F) Meritoriousness of the Claim

This Court cannot determine whether Plaintiff has a meritorious claim. "A claim, or defense, will be deemed meritorious when the allegations of the pleadings, if established at trial, would support recovery by plaintiff or would constitute a complete defense." Id. at 870 (citing United States v. $55,518.05 in U.S. Currency, 728 F.2d 192, 195 (3d Cir. 1984)).

In sum, Plaintiff has been given three different opportunities to have her deposition taken. She has violated a court Order and caused prejudice to her adversary. As of October 15th, Plaintiff has also failed to participate in a conference call that was scheduled by the Court. The Defendant has a right to take Plaintiff's deposition pursuant to Federal Rule of Civil Procedure 30. It is apparent that Plaintiff has serious health issues and is unable to participate in litigation at this time. The Court feels that dismissal of the case with prejudice would be too drastic a sanction in light of Plaintiff's severe health condition. Accordingly, the Court will administratively terminate this case without prejudice to Plaintiff. Plaintiff may seek to re-open the case when she is medically able to prosecute her claims. At such time, Plaintiff should provide a medical doctor's note that she is able to pursue litigation.


Litigation is an emotionally, physically, and mentally vexing and laborious process.
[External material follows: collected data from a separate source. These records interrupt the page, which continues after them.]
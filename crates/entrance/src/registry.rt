//! What is known of the sessions that are open.

use crate::clock::millis_now;
use crate::events::Event;
use crate::notes::Notes;
use crate::peer::Peer;
use guests::{Awaited, Ending, Guests};
use journals::Journal;
use session_pool::{Gate, TalkFault, Watch};
use std::alloc::{AllocError, Global};
use std::collections::BTreeMap;
use std::io::Eprint;
use std::net::{Net, SocketAddr, TcpStream};
use std::sync::atomic::{AtomicBool, AtomicU64, Ordering};
use std::sync::{Mutex, Wait};
use std::time::{Clock, Duration};

/// How long a session in which a login was refused waits before it reads on, in milliseconds: so passwords are not guessed
/// fast.
const REFUSED_REST: u64 = 1_000;

/// How long it is waited for the connection that wakes the thread that takes connections, in seconds.
const WAKE_LIMIT: u64 = 1;

/// For how long a session works on an edit before its client is asked for, in milliseconds.
const ASKED_AFTER: u64 = 100;

/// Knows which sessions are open, and what each awaits, and tells of them.
pub struct Registry<'a, R> {
    rt: &'a R,
    alloc: Global,
    journal: Journal<'a, R>,
    /// How many sessions there may be at a time.
    sessions: u64,
    /// How many are open.
    open: AtomicU64,
    /// Where a connection wakes the thread that takes connections, if that is to end once changes have come to a halt.
    wakes_at: Option<SocketAddr>,
    told_of_halt: AtomicBool,
    /// Until when some session reads nothing, at the latest.
    rests_until: AtomicU64,
    /// What sessions have noted since the guests were asked last.
    notes: Notes,
    guests: Mutex<Guests>,
    /// Where the client of each session is.
    peers: Mutex<BTreeMap<u64, Peer>>,
}

impl<'a, R> Drop for Registry<'a, R> {
    fn drop(self) {
        let Registry {
            rt: _,
            alloc: _,
            journal: _,
            sessions: _,
            open: _,
            wakes_at: _,
            told_of_halt: _,
            rests_until: _,
            notes: _,
            guests: _,
            peers: _,
        } = self;
    }
}

/// Writes how many logins of a session were refused, whose client is at this address, and with which name the first was tried.
fn refused_text(
    alloc: Global,
    (session, peer): (u64, Peer),
    logins: u64,
    name: Option<&[u8]>,
) -> Result<String, AllocError> {
    match name {
        Some(name) => {
            let name = name.escape_ascii();
            format!(in alloc; "session {session} ({peer}) is refused logins: {logins}, as {name}")
        }
        None => format!(in alloc; "session {session} ({peer}) is refused logins: {logins}"),
    }
}

impl<'a, R> Registry<'a, R> {
    /// Makes a registry of no sessions, where there may be so many, which tells of them in a journal. Once changes have come to
    /// a halt it makes a connection to this address, if there is one.
    pub fn new(
        rt: &'a R,
        alloc: Global,
        journal: Journal<'a, R>,
        sessions: u64,
        wakes_at: Option<SocketAddr>,
    ) -> Self {
        Registry {
            rt,
            alloc,
            journal,
            sessions,
            open: AtomicU64::new(0),
            wakes_at,
            told_of_halt: AtomicBool::new(false),
            rests_until: AtomicU64::new(0),
            notes: Notes::new(alloc, sessions),
            guests: Mutex::new(Guests::new(alloc)),
            peers: Mutex::new(BTreeMap::new(alloc)),
        }
    }

    /// Says whether nothing is told.
    pub fn is_quiet(&self) -> bool {
        self.journal.is_quiet()
    }

    /// Says whether a session waits for a command, as far as it has noted that.
    pub(crate) fn awaits_command(&self, session: u64) -> bool {
        self.notes.awaits_command(session)
    }

    /// Says how many sessions there may be at a time.
    pub(crate) fn sessions(&self) -> u64 {
        self.sessions
    }

    /// Says whether no session is open.
    pub(crate) fn is_empty(&self) -> bool {
        self.open.load(Ordering::SeqCst) == 0
    }

    /// Gives the runtime.
    pub(crate) fn runtime(&self) -> &'a R {
        self.rt
    }
}

impl<'a, R: Eprint + Clock> Registry<'a, R> {
    /// Tells an event at once, before any session begins.
    pub fn tell_first(&self, event: Event) {
        self.journal.write_now(event.text(self.alloc));
    }
}

impl<'a, R: Clock + Wait> Registry<'a, R> {
    /// Tells an event.
    pub(crate) fn tell(&self, event: Event) {
        if !self.is_quiet() {
            self.journal.tell(event.text(self.alloc));
        }
    }

    /// Tells what came of a reading of the file of users.
    pub fn tell_reading(&self, text: Result<String, AllocError>) {
        self.journal.tell(text);
    }

    /// Says whether a line is to be written of what clients do, and where its memory comes from.
    pub(crate) fn writes_deeds(&self) -> Option<Global> {
        if self.is_quiet() {
            return None;
        }
        Some(self.alloc)
    }

    /// Tells what a client has done.
    pub(crate) fn tell_deed(&self, text: Result<String, AllocError>) {
        self.journal.tell(text);
    }

    /// Counts the sessions of all that count as one with a client.
    pub(crate) fn sessions_of(&self, peer: Peer) -> u64 {
        self.guests.lock(self.rt).count_of(peer.number())
    }

    /// Notes that a session begins, and tells it.
    pub(crate) fn begins(&self, session: u64, peer: Peer) -> Result<(), AllocError> {
        let (address, now) = (peer.number(), millis_now(self.rt));
        self.peers.lock(self.rt).insert(session, peer)?;
        if let Err(error) = self.guests.lock(self.rt).come(session, address, now) {
            self.peers.lock(self.rt).remove(&session);
            return Err(error);
        }
        self.open.fetch_add(1, Ordering::SeqCst);
        self.notes.begin(session);
        self.tell(Event::Begins(session, peer));
        Ok(())
    }

    /// Notes that a session has ended, and tells it.
    pub(crate) fn ends(&self, session: u64) {
        self.notes.end(session);
        self.guests.lock(self.rt).go(session);
        self.peers.lock(self.rt).remove(&session);
        self.tell(Event::Ends(session));
        self.open.fetch_sub(1, Ordering::SeqCst);
    }

    /// Says where the client of a session comes from, if the session is open.
    fn peer_of(&self, session: u64) -> Option<Peer> {
        self.peers.lock(self.rt).get(&session).copied()
    }

    /// Tells how many logins of a session were refused, and with which name the first was tried.
    fn tell_refused(&self, session: u64, logins: u64, name: Option<&[u8]>) {
        if let Some(peer) = self.peer_of(session) {
            self.journal
                .tell(refused_text(self.alloc, (session, peer), logins, name));
        }
    }

    /// Says whether a session has been at work on an edit for a while, since its client has sent what is worked at, or since
    /// that was said last.
    pub(crate) fn has_edited(&self, session: u64) -> bool {
        self.notes
            .has_edited(session, millis_now(self.rt), ASKED_AFTER)
    }

    /// Notes how many clients wait for a place.
    pub(crate) fn want(&self, wanted: usize) {
        self.guests.lock(self.rt).want(wanted);
    }

    /// Says for how many milliseconds a session still reads nothing.
    pub(crate) fn rest_of(&self, session: u64) -> u64 {
        let now = millis_now(self.rt);
        if self.rests_until.load(Ordering::SeqCst) <= now {
            return 0;
        }
        self.guests.lock(self.rt).rest_of(session, now)
    }

    /// Says why a session is to end now, if it is, by what it has noted; and by what all have noted, where that matters:
    /// where it may give its place up to a client that waits.
    fn ending_of(&self, session: u64, now: u64) -> Option<Ending> {
        let mut guests = self.guests.lock(self.rt);
        self.notes.tell(&mut guests, session);
        if guests.may_give_place(session, now) {
            self.notes.tell_all(&mut guests);
        }
        guests.ending_of(session, self.sessions as usize, now)
    }

    /// Says whether a session is to end because its client sends nothing, and tells why.
    pub(crate) fn is_to_end(&self, session: u64) -> bool {
        let now = millis_now(self.rt);
        match self.ending_of(session, now) {
            Some(ending) => {
                self.tell(Event::Ended(session, ending));
                true
            }
            None => false,
        }
    }
}

impl<'a, R: Clock + Wait> Gate for Registry<'a, R> {
    fn awaits(&self, session: u64, awaited: Awaited) {
        let now = millis_now(self.rt);
        if !self.notes.awaits(session, awaited, now) {
            self.guests.lock(self.rt).awaits(session, awaited, now);
        }
    }

    fn pass(&self, session: u64, _piece: u64) {
        if !self.notes.hears(session, millis_now(self.rt)) {
            self.guests.lock(self.rt).hears(session);
        }
    }
}

impl<'a, R: Net> Registry<'a, R> {
    /// Wakes the thread that takes connections, if it is to end.
    fn wake(&self) {
        if let Some(address) = self.wakes_at {
            // where it cannot be reached, the next client wakes it
            let _ = TcpStream::connect_timeout(self.rt, &address, Duration::from_secs(WAKE_LIMIT));
        }
    }
}

impl<'a, R: Clock + Net + Wait> Watch for Registry<'a, R> {
    fn logged_in(&self, session: u64, user: &[u8]) {
        if !self.is_quiet() {
            let user = user.escape_ascii();
            self.journal.tell(format!(in self.alloc; "session {session} logs in as {user}"));
        }
    }

    fn refused(&self, session: u64, logins: u64, name: Option<&[u8]>) {
        if !self.is_quiet() {
            self.tell_refused(session, logins, name);
        }
        let until = millis_now(self.rt).saturating_add(REFUSED_REST);
        self.guests.lock(self.rt).rest(session, until);
        self.rests_until.fetch_max(until, Ordering::SeqCst);
    }

    fn given_up(&self, session: u64, fault: &TalkFault) {
        if !self.is_quiet() {
            self.journal.tell(format!(in self.alloc; "session {session} is given up: {fault}"));
        }
    }

    fn ended(&self, session: u64, is_halted: bool) {
        self.ends(session);
        if is_halted && !self.told_of_halt.swap(true, Ordering::SeqCst) {
            self.tell(Event::StoreFailed);
            self.wake();
        }
    }
}
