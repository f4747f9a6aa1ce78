//! How many files the process may have open at a time.
ghost use Rattle.std.specs.Prelude.{◌≤◌, IfOk, length};

use crate::accepting::MAX_WAITING;
use crate::events::Event;
use std::fs::{File, Files};
use std::io::{self, Read};

/// How many files the server has open at most but for those of sessions: the standard streams, the listeners of two doors, the lock
/// of the folder, one for each client that waits for a place at one of two doors, a
/// connection that is judged at each, and a file that is written.
const OTHER_FILES: u64 = 3 + 3 + 2 * MAX_WAITING as u64 + 3;

/// The file in which the system tells a process of its limits.
const LIMITS: &str = "/proc/self/limits";

/// How the line of the limit of open files begins.
const OPEN_FILES: &str = "Max open files";

/// Reads the beginning of a file, as long as the room for it, and gives its length.
fn read_beginning<R: Files>(rt: &R, path: &str, room: &mut [u8]) -> io::Result<usize>
    ensures { IfOk result (λ count. count ≤ length room.new) }
{
    File::open(rt, path)?.read(room)
}

/// Finds how many files may be open in the text of a process's limits; none where it names no number.
fn files_of(limits: &str) -> Option<u64> {
    for line in limits.lines() {
        if let Some(numbers) = line.strip_prefix(OPEN_FILES) {
            return numbers.split_whitespace().next()?.parse::<u64>().ok();
        }
    }
    None
}

/// Gives how many files the process may have open, if that is known.
fn most_files<R: Files>(rt: &R) -> Option<u64> {
    let mut room = [0; 4096];
    let count = read_beginning(rt, LIMITS, &mut room).ok()?;
    let limits = str::from_utf8(&room[..count]).ok()?;
    files_of(limits)
}

/// Says that the process may have fewer files open than the server needs for so many sessions, where that is known.
pub fn too_few_files<R: Files>(rt: &R, sessions: u64) -> Option<Event> {
    let needed = sessions.saturating_add(OTHER_FILES);
    let files = most_files(rt)?;
    if files < needed {
        Some(Event::FewFiles(files, needed))
    } else {
        None
    }
}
As Ambrose Bierce stated, litigation is a "machine which you go into as a pig and come out as a sausage." In view of the foregoing, it is not only in the best interest of justice, but also in the best interest for Plaintiff, that Plaintiff's case is administratively terminated with leave to re-open when Plaintiff is medically able to pursue litigation. An appropriate Order accompanies this Memorandum Opinion.